Ihre Abteilung wurde von Covid-19 immer wieder in Mitleidenschaft gezogen, weil Eingriffe abgesagt wurden, um die Kapazitäten nicht zu überlasten. "Ich kann mich erinnern, wie wir da hunderte Termine durchforstet und gestrichen haben: Abgesagt. Abgesagt. Abgesagt. Dann, einige Wochen später, als wir den Betrieb wieder hochgefahren haben, stellte sich die Frage: Wessen Operation ziehe ich vor? Wer kommt dran? Das war menschlich und emotional eine Riesen-Herausforderung." Und wenn man dann aus dem Spital kam, hatte man oft den Eindruck, man sei im "falschen Film". Aus der Arbeit fiel sie oft direkt ins Bett: "Wir waren einfach alle fertig. Und dann gehst Du in den Supermarkt, nachdem du 12 Stunden die FFP2-Maske getragen hast, und dort können manche nicht einmal für fünf Minuten die Maske ordentlich aufsetzen. Da war mein Verständnis bei null."
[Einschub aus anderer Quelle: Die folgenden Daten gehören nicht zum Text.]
impl Answered {
    /// Whether the form was logged.
    pub(crate) fn is_logged(self) -> bool
        ensures { result ≡ was_logged self }
    {
        match self {
            Answered::Accepted { logged } => logged,
            Answered::Refused(_) => false,
        }
    }

    /// The number of the refusal, if it ends a session that may be strict.
    pub(crate) fn refusal_that_ends(self, strict: bool) -> Option<u16>
        ensures { result ≡ refusal_that_ends strict self }
    {
        match self {
            Answered::Refused(number) if strict => Some(number),
            _ => None,
        }
    }
}

// Answers a refusal of the reader, and ends the session.
pub(crate) fn answer_fault<D: Disk, R: MacroFunctions, W: Recipient<D, R>>(
    store: &mut Store<D, R>,
    writer: &mut W,
    mode: Mode,
    number: u16,
) -> Ending
    requires is_open { IsSome store.old.world }
    requires stands { StandsAtRefusal R.Meaning.functions D.state
        (W.account writer.old) store.old mode number }
    ensures answers { AnswersFault number (W.contents writer.old) (W.contents writer.new) result }
    ensures under_way { AcknowledgesNone R.Meaning.functions D.state (W.account writer.new) store.new }
    ensures first { W.first writer.new ≡ W.first writer.old }
    ensures same { store.new ≡ store.old }
{
    let Ok(line) = line_of_refusal(store.alloc(), number) else {
        return Ending::Store(NO_MEMORY);
    };
    store.keeps_its_world();
    match writer.write_lines(store, line.as_slice(), 0) {
        Ok(()) => Ending::Reader(number),
        Err(_) => Ending::Store(OUTPUT),
    }
}

// Answers a form that was read, and passes over its bytes. Gives how the session has ended, if it has: in a fault, or, if it
// is strict, as the form was refused.
pub(crate) fn answer_read<D: Disk, R: MacroFunctions, W: Recipient<D, R>>(
    store: &mut Store<D, R>,
    writer: &mut W,
    wanted: SessionOptions,
    course: &mut Course,
    form: &PlacedForm,
) -> Result<(), Ended>
    // The form was read in the world of the store, the recipient stands before it, and its places have room.
    requires form { IsFormOf R.Meaning.functions store.old.world wanted.mode form.now.read
        form.now.own.items }
    requires stands { StandsAtForm R.Meaning.functions D.state (W.account writer.old) store.old
        wanted.mode (object_of form.now.read.datum) form.now.own.items }
    requires order { form.now.start < form.now.next }
    requires forms { (course_of course.old).forms ≤ (course_of course.old).bytes }
    requires room { (course_of course.old).bytes + form.now.next < 2 ^ 63 }

    // What became of it, and what the recipient was handed.
    ensures answers { (w : WorldState) → store.old.world ≡ Some w → (text : List ℕ) (next : ℕ)
        → (begins : BeginsWithForm R.Meaning.functions w wanted.mode text
        (object_of form.now.read.datum) form.now.own.items next)
        → begins.start ≡ form.now.start
        → AnswersRead R.Meaning.functions D.state (course_of course.old)
        (course_of course.new) store.old store.new w wanted
        text (W.contents writer.old) (W.contents writer.new) form.now.start form.now.next result }
    ensures hands { OnOk result
        (HandsOn R.Meaning.functions D.state (course_of course.old).forms (course_of course.new).forms
        (W.account writer.old) (W.account writer.new) store.new) }
    ensures under_way { OnErr result
        (AcknowledgesNone R.Meaning.functions D.state (W.account writer.new) store.new) }

    // No more forms are counted than bytes, and no more bytes than the form took.
    ensures forms { (course_of course.new).forms ≤ (course_of course.new).bytes }
    ensures bytes { (course_of course.new).bytes ≤ (course_of course.old).bytes + form.now.next }
    ensures first { W.first writer.new ≡ W.first writer.old }
    ensures honest { (D.state store.new.disk).honest ≡ (D.state store.old.disk).honest }
{
    let place = course.place(form.start, form.start);
    let own = form.own.as_slice();
    let read = &form.read;
    let placed = SessionForm { read, own, place };
    let schedule = &mut course.schedule;
    match answer_form(store, writer, wanted.mode, schedule, &placed) {
        Err(number) => Err(Ended::Store(number)),
        Ok(answered) => {
            course.pass(form.next);
            if wanted.strict {
                if let Answered::Refused(number) = answered {
                    return Err(Ended::Unaccepted(number, place));
                }
            }
            Ok(())
        }
    }
}

// Answers a form that was read, and takes a snapshot if one is due after it. Gives what became of it, or the number of the
// fault that ends the session in it.
pub(crate) fn answer_form<D: Disk, R: MacroFunctions, W: Recipient<D, R>>(
    store: &mut Store<D, R>,
    writer: &mut W,
    mode: Mode,
    schedule: &mut Schedule,
    form: &SessionForm<'_>,
) -> Result<Answered, u16>
    requires form { IsFormOf R.Meaning.functions store.old.world mode form.now.read.now form.now.own.now }
    requires stands { StandsAtForm R.Meaning.functions D.state (W.account writer.old) store.old
        mode (object_of form.now.read.now.datum) form.now.own.now }
    ensures answers { (w : WorldState) → store.old.world ≡ Some w → (text : List ℕ) (next : ℕ)
        → BeginsWithForm R.Meaning.functions w mode text
        (object_of form.now.read.now.datum) form.now.own.now next
        → AnswersForm R.Meaning.functions D.state store.old store.new w mode
        (pace_of schedule.old) (pace_of schedule.new)
        text (W.contents writer.old) (W.contents writer.new) result }
    ensures hands { OnOk result
        (HandsOn R.Meaning.functions D.state 0 1 (W.account writer.old) (W.account writer.new) store.new) }
    ensures under_way { OnErr result
        (AcknowledgesNone R.Meaning.functions D.state (W.account writer.new) store.new) }
    ensures first { W.first writer.new ≡ W.first writer.old }
    ensures honest { (D.state store.new.disk).honest ≡ (D.state store.old.disk).honest }
{
    match fit_form(store, writer, mode, form, schedule.ratio) {
        Ok(answered) => match renew_after_form(store, schedule, answered.is_logged()) {
            None => Ok(answered),
            Some(number) => Err(number),
        },
        Err(number) => Err(number),
    }
}

// Answers a form that was read. If the half has no room for it, it takes a snapshot, and tries once more. Gives what
// became of the form, or the number of the fault that ends the session in it.
fn fit_form<D: Disk, R: MacroFunctions, W: Recipient<D, R>>(
    store: &mut Store<D, R>,
    writer: &mut W,
    mode: Mode,
    form: &SessionForm<'_>,
    ratio: u64,
) -> Result<Answered, u16>
    requires form { IsFormOf R.Meaning.functions store.old.world mode form.now.read.now form.now.own.now }
    requires stands { StandsAtForm R.Meaning.functions D.state (W.account writer.old) store.old
        mode (object_of form.now.read.now.datum) form.now.own.now }
    ensures fits { (w : WorldState) → store.old.world ≡ Some w → (text : List ℕ) (next : ℕ)
        → BeginsWithForm R.Meaning.functions w mode text
        (object_of form.now.read.now.datum) form.now.own.now next
        → FitsForm R.Meaning.functions D.state store.old store.new w mode
        text (W.contents writer.old) (W.contents writer.new) result }
    ensures is_open { OnOk result (IsSome store.new.world) }
    ensures hands { OnOk result
        (HandsOn R.Meaning.functions D.state 0 1 (W.account writer.old) (W.account writer.new) store.new) }
    ensures under_way { OnErr result
        (AcknowledgesNone R.Meaning.functions D.state (W.account writer.new) store.new) }
    ensures first { W.first writer.new ≡ W.first writer.old }
    ensures honest { (D.state store.new.disk).honest ≡ (D.state store.old.disk).honest }
{
    match try_form(store, writer, mode, form) {
        Ok(answered) => Ok(answered),
        Err(number) => {
            if number != LOG_FULL {
                return Err(number);
            }
            // a half that was just begun holds the text of the world alone: what does not fit there fits nowhere
            if let Err(number) = renew(store, ratio) {
                return Err(number);
            }
            try_form(store, writer, mode, form)
        }
    }
}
An der Pforte zum Spital kann man lesen, wie das Personal denkt: Auf einem grünen Transparent steht: "Bitte hilf uns mit Deiner Impfung."
David Pötz, Geschäftsführer des Krankenhauses, trifft man an seinem Schreibtisch vor dem Computer sitzend an. Pötz war in den vergangenen Monaten damit beschäftigt, das Krankenhaus in der größten Gesundheitskrise seit Generationen zu managen. Pötz vermittelt den Eindruck eines Mannes, der am richtigen Ort sitzt: "Die Pandemie ist nun einmal Realität. Für viele von uns ist es extrem wichtig, an einer Stelle zu sein, wo man aktiv gegen die Pandemie kämpfen kann. Das gilt für unseren Portier genauso wie für die Reinigungskraft, die Ärztinnen und Ärzte, Pflegerinnen und Pfleger. Man hat zumindest das Gefühl, man kann etwas tun und ist der Pandemie nicht einfach ausgesetzt."